Finding Your Writer's Voice

I hear a lot from writers about finding their writer's voice. They want to know how to find it, how you know when you've found it, and what sorts of things they should write about once their voice has been found.

I have an answer for all three of these questions, but keep in mind, they stem from my own personal journey and another writer may find them from climbing an entirely different mountain.

How to Find Your voice

I like to think of discovering your writer's voice sort of like finding a precious diamond and keeping it forever. Years ago, I lost the diamond out of my wedding ring. I managed to find it. A few months later, one of the prongs came lose again and the diamond was lost. Yes, I managed to find it again, but I told myself that I was going have my band adjusted to a lower setting before I wore my diamond ring again.

Photo by: jurvetson, courtesy of Flickr
I can't tell you the day I first found my writing voice, but it came about the time I lost my fears of making my writing perfect. It came when I cared more about my story and less about the grammar associated with it. It came when I let go of what I thought a writer "should be."

How You Know When You've Found Your Writer's Voice

Unlike losing your diamond, finding your voice is one of those things that sticks once its been found. You aren't always wondering if your piece of writing sounds authentic or "right" because what comes from your fingertips is the voice that you've discovered.

Your voice might be "a diamond in the rough," but your diamond is your diamond. You speak from your heart. You share your voice. You aren't trying to mimic another. The voice you share on paper is yours because you "feel" it.

What You Should Write About Once Your Voice is Found

I try to stay away from what's "popular" in the book market; instead, I focus on what comes to me in dreams, (waking and sleeping) what others suggest might be a good subject (that's how "Conquering Your Goliaths" came to be) and what subjects speak to me. I also consider the books I enjoy reading. Because I enjoy a good mystery as well as non-fiction and Christian fiction that speaks to the heart, much of my writing follows these three areas. All three of my published books follow the Christian fiction theme, and my first cozy mystery will be published next year.

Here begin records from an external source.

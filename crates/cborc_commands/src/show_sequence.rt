//! `show --seq`: the diagnostic text of each item of a sequence (RFC 8742).

ghost use Rattle.std.specs.Prelude.{◌≡◌, OnOk, IfErr};
ghost use Rattle.cbor_head.specs.Complaint.{plain};
ghost use Rattle.cbor_reader.specs.Sequence.{IsAccepted};
ghost use Rattle.cborc_commands.specs.ShowSequence.{item_text, IsSequenceShown};
ghost use Rattle.cborc_commands.specs.ShowSequence.{IsSequenceNotShown};
ghost use Rattle.cborc_files.specs.Folder.{KeepsFiles};
ghost use Rattle.cborc_commands.specs.inner.SequenceItems.{IsItemNotShown};

use crate::fault::Fault;
use crate::first_item::Scratch;
use crate::sequence::{ItemWriter, unless_cut, write_items};
use cbor_head::Limits;
use cborc_files::Folder;
use cborc_words::{Accepted, Options, TextStyle};
use std::alloc::Global;
use std::io::Write;

/// Writes the diagnostic text of each item of the sequence in the file `source` to `out`, with a line
/// feed after each. Texts that were written before a refusal, or before a fault of hex text,
/// stay.
pub fn show_sequence<'a, F: Folder, O: Write>(
    alloc: Global,
    files: &mut F,
    out: &mut O,
    source: &'a str,
    text_style: TextStyle,
    options: Options,
) -> Result<(), Fault<'a>>
    ensures shown { OnOk result (IsSequenceShown text_style options source.now
        (F.held files.old) (O.contents out.old) (O.contents out.new)) }
    ensures fault { IfErr result (IsSequenceNotShown text_style options source.now
        (F.held files.old) (O.contents out.old) (O.contents out.new)) }
    ensures keeps { KeepsFiles (F.held files.old) (F.held files.new) }
    ensures same { F.forwards_to files.new ≡ F.forwards_to files.old }
{
    write_items(
        alloc,
        &ShownItems { text_style },
        files,
        source,
        options,
        out,
    )?;
    Ok(())
}

// Writes the diagnostic text of items.
#[derive(Clone, Copy)]
struct ShownItems {
    text_style: TextStyle,
}

impl ItemWriter for ShownItems {
    ghost takes = { λ shown b. IsAccepted b plain };

    ghost text = { λ shown _. item_text shown.text_style };

    ghost stops = { λ shown b start bytes fault before after.
        IsItemNotShown b shown.text_style bytes fault before after };

    fn write_item<'f, W: Write>(
        &self,
        _alloc: Global,
        bytes: &[u8],
        goes_on: bool,
        _start: usize,
        limits: Limits,
        scratch: &mut Scratch,
        out: &mut W,
    ) -> Result<Option<usize>, Fault<'f>> {
        match scratch.size_at_start(bytes, Accepted::Valid, limits) {
            Ok(size) => {
                scratch.print_prefix(bytes, limits, self.text_style, out)?;
                Ok(Some(size as usize))
            }
            Err(refusal) => unless_cut(refusal, goes_on),
        }
    }
}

Finding your voice comes easier if you're more focused on writing what you love and less focused on trying to make it sound "right." You'll never lose your writer's voice, so you might as well have fun with it and write what you enjoy.


  1. I find when my characters dictate what goes onto the paper, I'm true to my writers voice, but if I try too force my ideas on them the story strays. I've learned to listen to them even if the story strays from the original plot line. They always know best. Great post

    1. Thanks, Joy! I look forward to seeing you at the book signing next month.